(Saved data entries)
=-=-=-=-=

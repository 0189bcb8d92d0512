// The form of a pattern.
ghost use Rattle.std.specs.Prelude.{◌≡◌, IfOk, option_map, option_and_then};
ghost use Rattle.toml.specs.Data.{as_str, as_array, as_table};
ghost use Rattle.toml.specs.View.{view, table_view, items_view};
ghost use Rattle.hk_pattern.specs.declared.pattern.Pattern as made;
ghost use Rattle.hk_forms.specs.Members as members;
ghost use Rattle.hk_forms.specs.IdForm as ids;
ghost use Rattle.hk_forms.specs.PatternForm as spec;

use crate::id_form::{ids_listed, version_of};
use crate::members::{MOST_MEMBERS, items_in, only_in, text_in};
use hk_base::{NoMemory, Refusal};
use hk_pattern::{Boxed, Glob, Items, Pattern};
use std::alloc::Global;
use toml::Value;

/// How many patterns and routes may be open at once.
pub(crate) const MOST_OPEN: u32 = 16;

/// The pattern that a value is, with at most 16 patterns open at once. `NoMemory` only for want of memory.
/// Linear in the value.
pub fn pattern_of(alloc: Global, value: &Value) -> Result<Option<Pattern>, NoMemory>
    ensures { IfOk result (λ o. o ≡ spec.pattern_of (view value.now)) }
{
    pattern_at(alloc, MOST_OPEN, value)
}

/// The pattern that a value is, with at most so many patterns open at once. Linear in the value.
#[cycle(patterns)]
pub(crate) fn pattern_at(
    alloc: Global,
    depth: u32,
    value: &Value,
) -> Result<Option<Pattern>, NoMemory>
    ensures { IfOk result (λ o. o ≡ spec.pattern_at depth (view value.now)) }
{
    if depth == 0 {
        return Ok(None);
    }
    pattern_by(alloc, depth - 1, text_in(value), only_in(value))
}

#[cycle(patterns)]
fn pattern_by(
    alloc: Global,
    depth: u32,
    text: Option<&str>,
    member: Option<(&str, &Value)>,
) -> Result<Option<Pattern>, NoMemory>
    ensures { IfOk result (λ o. o ≡ spec.pattern_by (spec.pattern_at depth) (option_map (λ s. s.now) text.entry) (option_map (λ p. (p.0.now, view p.1.now)) member.entry)) }
{
    if let Some(text) = text {
        return glob_of(alloc, Some(text));
    }
    match member {
        Some((key, value)) => keyed(alloc, depth, key, value),
        None => Ok(None),
    }
}

#[cycle(patterns)]
fn keyed(alloc: Global, depth: u32, key: &str, value: &Value) -> Result<Option<Pattern>, NoMemory>
    ensures { IfOk result (λ o. o ≡ spec.keyed (spec.pattern_at depth) key.now (view value.now)) }
{
    if key == "and" {
        return and_by(alloc, depth, items_in(value));
    }
    if key == "or" {
        return or_by(alloc, depth, items_in(value));
    }
    if key == "not" {
        return negated(alloc, pattern_at(alloc, depth, value)?);
    }
    leaf(alloc, key, value)
}

#[cycle(patterns)]
fn and_by(alloc: Global, depth: u32, items: Option<&[Value]>) -> Result<Option<Pattern>, NoMemory>
    ensures { IfOk result (λ o. o ≡ spec.and_by (spec.pattern_at depth) (option_map (λ s. items_view s.now) items.entry)) }
{
    match items {
        Some(items) => Ok(all_of(patterns_in(alloc, depth, items)?)),
        None => Ok(None),
    }
}

#[cycle(patterns)]
fn or_by(alloc: Global, depth: u32, items: Option<&[Value]>) -> Result<Option<Pattern>, NoMemory>
    ensures { IfOk result (λ o. o ≡ spec.or_by (spec.pattern_at depth) (option_map (λ s. items_view s.now) items.entry)) }
{
    match items {
        Some(items) => Ok(one_of(patterns_in(alloc, depth, items)?)),
        None => Ok(None),
    }
}

#[cycle(patterns)]
fn patterns_in(
    alloc: Global,
    depth: u32,
    items: &[Value],
) -> Result<Option<Items<Pattern>>, NoMemory>
    ensures { IfOk result (λ o. o ≡ members.listed (spec.pattern_at depth) (items_view items.now)) }
{
    if MOST_MEMBERS < items.len() {
        return Ok(None);
    }
    each_pattern(alloc, depth, items)
}

#[cycle(patterns)]
fn each_pattern(
    alloc: Global,
    depth: u32,
    items: &[Value],
) -> Result<Option<Items<Pattern>>, NoMemory>
    ensures { IfOk result (λ o. o ≡ members.each (spec.pattern_at depth) (items_view items.now)) }
{
    let mut patterns = Items::new(alloc);
    for item in items {
        match pattern_at(alloc, depth, item)? {
            Some(pattern) => patterns.push(pattern)?,
            None => return Ok(None),
        }
    }
    Ok(Some(patterns))
}

fn all_of(patterns: Option<Items<Pattern>>) -> Option<Pattern>
    ensures { result ≡ option_map made.And patterns }
{
    match patterns {
        Some(patterns) => Some(Pattern::And(patterns)),
        None => None,
    }
}

fn one_of(patterns: Option<Items<Pattern>>) -> Option<Pattern>
    ensures { result ≡ option_map made.Or patterns }
{
    match patterns {
        Some(patterns) => Some(Pattern::Or(patterns)),
        None => None,
    }
}

fn negated(alloc: Global, pattern: Option<Pattern>) -> Result<Option<Pattern>, NoMemory>
    ensures { IfOk result (λ o. o ≡ option_map made.Not pattern) }
{
    match pattern {
        Some(pattern) => Ok(Some(Pattern::Not(Boxed::new(alloc, pattern)?))),
        None => Ok(None),
    }
}

fn leaf(alloc: Global, key: &str, value: &Value) -> Result<Option<Pattern>, NoMemory>
    ensures { IfOk result (λ o. o ≡ spec.leaf key.now (view value.now)) }
{
    if key == "glob" {
        return glob_of(alloc, text_in(value));
    }
    if key == "ids" {
        return ids_by(alloc, items_in(value));
    }
    if key == "has_version" {
        return has_version(alloc, value);
    }
    if key == "no_version" {
        return Ok(no_version(value.as_bool()));
    }
    Ok(None)
}

fn glob_of(alloc: Global, text: Option<&str>) -> Result<Option<Pattern>, NoMemory>
    ensures { IfOk result (λ o. o ≡ spec.glob_of (option_map (λ s. s.now) text.entry)) }
{
    let Some(text) = text else {
        return Ok(None);
    };
    match Glob::read(alloc, text.as_bytes()) {
        Ok(glob) => Ok(Some(Pattern::Glob(glob))),
        Err(Refusal::Fault(_)) => Ok(None),
        Err(Refusal::NoMemory) => Err(NoMemory),
    }
}

fn ids_by(alloc: Global, items: Option<&[Value]>) -> Result<Option<Pattern>, NoMemory>
    ensures { IfOk result (λ o. o ≡ spec.ids_by (option_map (λ s. items_view s.now) items.entry)) }
{
    let Some(items) = items else {
        return Ok(None);
    };
    match ids_listed(alloc, items)? {
        Some(ids) => Ok(Some(Pattern::Ids(ids))),
        None => Ok(None),
    }
}

fn has_version(alloc: Global, value: &Value) -> Result<Option<Pattern>, NoMemory>
    ensures { IfOk result (λ o. o ≡ option_map made.HasVersion (ids.version_of (view value.now))) }
{
    match version_of(alloc, value)? {
        Some(version) => Ok(Some(Pattern::HasVersion(version))),
        None => Ok(None),
    }
}

fn no_version(flag: Option<bool>) -> Option<Pattern>
    ensures { result ≡ spec.no_version flag }
{
    match flag {
        Some(true) => Some(Pattern::HasNoVersion),
        _ => None,
    }
}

=-=-=-=-=

• _About this exercise_: Copy every entry above word for word.

• _Solution to the exercise_:
repository 0189bcb8d92d0512
// The form of a pattern.
ghost use Rattle.std.specs.Prelude.{◌≡◌, IfOk, option_map, option_and_then};
ghost use Rattle.toml.specs.Data.{as_str, as_array, as_table};
ghost use Rattle.toml.specs.View.{view, table_view, items_view};
ghost use Rattle.hk_pattern.specs.declared.pattern.Pattern as made;
ghost use Rattle.hk_forms.specs.Members as members;
ghost use Rattle.hk_forms.specs.IdForm as ids;
ghost use Rattle.hk_forms.specs.PatternForm as spec;

use crate::id_form::{ids_listed, version_of};
use crate::members::{MOST_MEMBERS, items_in, only_in, text_in};
use hk_base::{NoMemory, Refusal};
use hk_pattern::{Boxed, Glob, Items, Pattern};
use std::alloc::Global;
use toml::Value;

/// How many patterns and routes may be open at once.
pub(crate) const MOST_OPEN: u32 = 16;

/// The pattern that a value is, with at most 16 patterns open at once. `NoMemory` only for want of memory.
/// Linear in the value.
pub fn pattern_of(alloc: Global, value: &Value) -> Result<Option<Pattern>, NoMemory>
    ensures { IfOk result (λ o. o ≡ spec.pattern_of (view value.now)) }
{
    pattern_at(alloc, MOST_OPEN, value)
}

/// The pattern that a value is, with at most so many patterns open at once. Linear in the value.
#[cycle(patterns)]
pub(crate) fn pattern_at(
    alloc: Global,
    depth: u32,
    value: &Value,
) -> Result<Option<Pattern>, NoMemory>
    ensures { IfOk result (λ o. o ≡ spec.pattern_at depth (view value.now)) }
{
    if depth == 0 {
        return Ok(None);
    }
    pattern_by(alloc, depth - 1, text_in(value), only_in(value))
}

#[cycle(patterns)]
fn pattern_by(
    alloc: Global,
    depth: u32,
    text: Option<&str>,
    member: Option<(&str, &Value)>,
) -> Result<Option<Pattern>, NoMemory>
    ensures { IfOk result (λ o. o ≡ spec.pattern_by (spec.pattern_at depth) (option_map (λ s. s.now) text.entry) (option_map (λ p. (p.0.now, view p.1.now)) member.entry)) }
{
    if let Some(text) = text {
        return glob_of(alloc, Some(text));
    }
    match member {
        Some((key, value)) => keyed(alloc, depth, key, value),
        None => Ok(None),
    }
}

#[cycle(patterns)]
fn keyed(alloc: Global, depth: u32, key: &str, value: &Value) -> Result<Option<Pattern>, NoMemory>
    ensures { IfOk result (λ o. o ≡ spec.keyed (spec.pattern_at depth) key.now (view value.now)) }
{
    if key == "and" {
        return and_by(alloc, depth, items_in(value));
    }
    if key == "or" {
        return or_by(alloc, depth, items_in(value));
    }
    if key == "not" {
        return negated(alloc, pattern_at(alloc, depth, value)?);
    }
    leaf(alloc, key, value)
}

#[cycle(patterns)]
fn and_by(alloc: Global, depth: u32, items: Option<&[Value]>) -> Result<Option<Pattern>, NoMemory>
    ensures { IfOk result (λ o. o ≡ spec.and_by (spec.pattern_at depth) (option_map (λ s. items_view s.now) items.entry)) }
{
    match items {
        Some(items) => Ok(all_of(patterns_in(alloc, depth, items)?)),
        None => Ok(None),
    }
}

#[cycle(patterns)]
fn or_by(alloc: Global, depth: u32, items: Option<&[Value]>) -> Result<Option<Pattern>, NoMemory>
    ensures { IfOk result (λ o. o ≡ spec.or_by (spec.pattern_at depth) (option_map (λ s. items_view s.now) items.entry)) }
{
    match items {
        Some(items) => Ok(one_of(patterns_in(alloc, depth, items)?)),
        None => Ok(None),
    }
}

#[cycle(patterns)]
fn patterns_in(
    alloc: Global,
    depth: u32,
    items: &[Value],
) -> Result<Option<Items<Pattern>>, NoMemory>
    ensures { IfOk result (λ o. o ≡ members.listed (spec.pattern_at depth) (items_view items.now)) }
{
    if MOST_MEMBERS < items.len() {
        return Ok(None);
    }
    each_pattern(alloc, depth, items)
}

#[cycle(patterns)]
fn each_pattern(
    alloc: Global,
    depth: u32,
    items: &[Value],
) -> Result<Option<Items<Pattern>>, NoMemory>
    ensures { IfOk result (λ o. o ≡ members.each (spec.pattern_at depth) (items_view items.now)) }
{
    let mut patterns = Items::new(alloc);
    for item in items {
        match pattern_at(alloc, depth, item)? {
            Some(pattern) => patterns.push(pattern)?,
            None => return Ok(None),
        }
    }
    Ok(Some(patterns))
}

fn all_of(patterns: Option<Items<Pattern>>) -> Option<Pattern>
    ensures { result ≡ option_map made.And patterns }
{
    match patterns {
        Some(patterns) => Some(Pattern::And(patterns)),
        None => None,
    }
}

fn one_of(patterns: Option<Items<Pattern>>) -> Option<Pattern>
    ensures { result ≡ option_map made.Or patterns }
{
    match patterns {
        Some(patterns) => Some(Pattern::Or(patterns)),
        None => None,
    }
}

fn negated(alloc: Global, pattern: Option<Pattern>) -> Result<Option<Pattern>, NoMemory>
    ensures { IfOk result (λ o. o ≡ option_map made.Not pattern) }
{
    match pattern {
        Some(pattern) => Ok(Some(Pattern::Not(Boxed::new(alloc, pattern)?))),
        None => Ok(None),
    }
}

fn leaf(alloc: Global, key: &str, value: &Value) -> Result<Option<Pattern>, NoMemory>
    ensures { IfOk result (λ o. o ≡ spec.leaf key.now (view value.now)) }
{
    if key == "glob" {
        return glob_of(alloc, text_in(value));
    }
    if key == "ids" {
        return ids_by(alloc, items_in(value));
    }
    if key == "has_version" {
        return has_version(alloc, value);
    }
    if key == "no_version" {
        return Ok(no_version(value.as_bool()));
    }
    Ok(None)
}

fn glob_of(alloc: Global, text: Option<&str>) -> Result<Option<Pattern>, NoMemory>
    ensures { IfOk result (λ o. o ≡ spec.glob_of (option_map (λ s. s.now) text.entry)) }
{
    let Some(text) = text else {
        return Ok(None);
    };
    match Glob::read(alloc, text.as_bytes()) {
        Ok(glob) => Ok(Some(Pattern::Glob(glob))),
        Err(Refusal::Fault(_)) => Ok(None),
        Err(Refusal::NoMemory) => Err(NoMemory),
    }
}

fn ids_by(alloc: Global, items: Option<&[Value]>) -> Result<Option<Pattern>, NoMemory>
    ensures { IfOk result (λ o. o ≡ spec.ids_by (option_map (λ s. items_view s.now) items.entry)) }
{
    let Some(items) = items else {
        return Ok(None);
    };
    match ids_listed(alloc, items)? {
        Some(ids) => Ok(Some(Pattern::Ids(ids))),
        None => Ok(None),
    }
}

fn has_version(alloc: Global, value: &Value) -> Result<Option<Pattern>, NoMemory>
    ensures { IfOk result (λ o. o ≡ option_map made.HasVersion (ids.version_of (view value.now))) }
{
    match version_of(alloc, value)? {
        Some(version) => Ok(Some(Pattern::HasVersion(version))),
        None => Ok(None),
    }
}

fn no_version(flag: Option<bool>) -> Option<Pattern>
    ensures { result ≡ spec.no_version flag }
{
    match flag {
        Some(true) => Some(Pattern::HasNoVersion),
        _ => None,
    }
}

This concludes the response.